Could you write out the records below exactly as they appear?

- **EXERCISE DATA**:
+ + + +
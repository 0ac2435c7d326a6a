// The harmonic zones of a profile, counted and listed.
//
// specs/Zones.antt says what a zone is, which bytes its row has and what listing answers; specs/ZoneRows.antt serves the
// private functions alone. Nothing is assumed, and no public function has a `requires`.
#![tactic(auto)]

ghost use Rattle.std.specs.Prelude.{◌≡◌, ◌^◌, ◌<◌, length};
ghost use Rattle.model.specs.Valid.{Valid};
ghost use Rattle.zones.specs.Zones.{Listed};
ghost use Rattle.zone_walk.specs.Listing.{Bounded, intervals_in, zones_in};
ghost use Rattle.zones.specs.ZoneRows.{high_word, low_word, Wrote};

use codec::RowWords;
use model::{Profile, Refusal};
use zone_walk::{Intervals, Zone};

// The widths of what a row's first word holds: the range, a2 to a4, and the four high bits of a5.
const HIGH_WIDTHS: [u64; 6] = [12, 12, 12, 12, 12, 4];

// The widths of what the second word holds: the eight low bits of a5, a6 to a8, and the spare field.
const LOW_WIDTHS: [u64; 5] = [8, 12, 12, 12, 20];

// Writes the rows of all zones to the front of `out`, or refuses: the profile's own refusal, 9, then 11 with the rows needed.
#[tactic(auto, using(model::proofs::Validity::judged_valid, crate::proofs::Outcome::refused_listed))]
pub fn list_zones(p: Profile, out: &mut [u8]) -> Result<u64, Refusal>
    ensures { Listed p out.old result out.new }
{
    let Err(refusal) = profile_judge::judge(p) else {
        return list_sound(p, out);
    };
    Err(refusal)
}

// The same for a sound profile.
fn list_sound(p: Profile, out: &mut [u8]) -> Result<u64, Refusal>
    requires { Valid p }
    ensures { Listed p out.old result out.new }
{
    let intervals = Intervals::from(p);
    let mut nowhere = [0u8; 1];
    let count = write_zones(&intervals, &mut nowhere) as u64;
    model::judge_count(count, out.len())?;
    write_zones(&intervals, out);
    Ok(count)
}

// Goes through all zones and writes their rows to the front of `out` where it has room for all; their number. One loop
// serves counting, in no room, and writing: so the walk is compiled into it.
fn write_zones(intervals: &Intervals, out: &mut [u8]) -> usize
    requires bounded { Bounded intervals.now }
    requires few { length (zones_in (intervals_in intervals.now)) < 2 ^ 31 }
    ensures { Wrote (zones_in (intervals_in intervals.now)) out.old out.new result }
{
    let mut row: usize = 0;
    for zone in intervals.zones() {
        codec::put_row(out, row, words(&zone));
        row += 1;
    }
    row
}

// The two words of a zone's row: a5 stands in both.
fn words(zone: &Zone) -> RowWords
    ensures high { result.high ≡ high_word zone.now }
    ensures low { result.low ≡ low_word zone.now }
{
    let [_, a2, a3, a4, a5, a6, a7, a8] = zone.multipliers;
    RowWords {
        high: codec::pack_widths(
            &HIGH_WIDTHS,
            [zone.least.0, zone.greatest.0, a2, a3, a4, a5 / 256],
        ),
        low: codec::pack_widths(&LOW_WIDTHS, [a5 % 256, a6, a7, a8, 0]),
    }
}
+ + + +
- **EXERCISE ANSWER**:
repository 0ac2435c7d326a6a
// The harmonic zones of a profile, counted and listed.
//
// specs/Zones.antt says what a zone is, which bytes its row has and what listing answers; specs/ZoneRows.antt serves the
// private functions alone. Nothing is assumed, and no public function has a `requires`.
#![tactic(auto)]

ghost use Rattle.std.specs.Prelude.{◌≡◌, ◌^◌, ◌<◌, length};
ghost use Rattle.model.specs.Valid.{Valid};
ghost use Rattle.zones.specs.Zones.{Listed};
ghost use Rattle.zone_walk.specs.Listing.{Bounded, intervals_in, zones_in};
ghost use Rattle.zones.specs.ZoneRows.{high_word, low_word, Wrote};

use codec::RowWords;
use model::{Profile, Refusal};
use zone_walk::{Intervals, Zone};

// The widths of what a row's first word holds: the range, a2 to a4, and the four high bits of a5.
const HIGH_WIDTHS: [u64; 6] = [12, 12, 12, 12, 12, 4];

// The widths of what the second word holds: the eight low bits of a5, a6 to a8, and the spare field.
const LOW_WIDTHS: [u64; 5] = [8, 12, 12, 12, 20];

// Writes the rows of all zones to the front of `out`, or refuses: the profile's own refusal, 9, then 11 with the rows needed.
#[tactic(auto, using(model::proofs::Validity::judged_valid, crate::proofs::Outcome::refused_listed))]
pub fn list_zones(p: Profile, out: &mut [u8]) -> Result<u64, Refusal>
    ensures { Listed p out.old result out.new }
{
    let Err(refusal) = profile_judge::judge(p) else {
        return list_sound(p, out);
    };
    Err(refusal)
}

// The same for a sound profile.
fn list_sound(p: Profile, out: &mut [u8]) -> Result<u64, Refusal>
    requires { Valid p }
    ensures { Listed p out.old result out.new }
{
    let intervals = Intervals::from(p);
    let mut nowhere = [0u8; 1];
    let count = write_zones(&intervals, &mut nowhere) as u64;
    model::judge_count(count, out.len())?;
    write_zones(&intervals, out);
    Ok(count)
}

// Goes through all zones and writes their rows to the front of `out` where it has room for all; their number. One loop
// serves counting, in no room, and writing: so the walk is compiled into it.
fn write_zones(intervals: &Intervals, out: &mut [u8]) -> usize
    requires bounded { Bounded intervals.now }
    requires few { length (zones_in (intervals_in intervals.now)) < 2 ^ 31 }
    ensures { Wrote (zones_in (intervals_in intervals.now)) out.old out.new result }
{
    let mut row: usize = 0;
    for zone in intervals.zones() {
        codec::put_row(out, row, words(&zone));
        row += 1;
    }
    row
}

// The two words of a zone's row: a5 stands in both.
fn words(zone: &Zone) -> RowWords
    ensures high { result.high ≡ high_word zone.now }
    ensures low { result.low ≡ low_word zone.now }
{
    let [_, a2, a3, a4, a5, a6, a7, a8] = zone.multipliers;
    RowWords {
        high: codec::pack_widths(
            &HIGH_WIDTHS,
            [zone.least.0, zone.greatest.0, a2, a3, a4, a5 / 256],
        ),
        low: codec::pack_widths(&LOW_WIDTHS, [a5 % 256, a6, a7, a8, 0]),
    }
}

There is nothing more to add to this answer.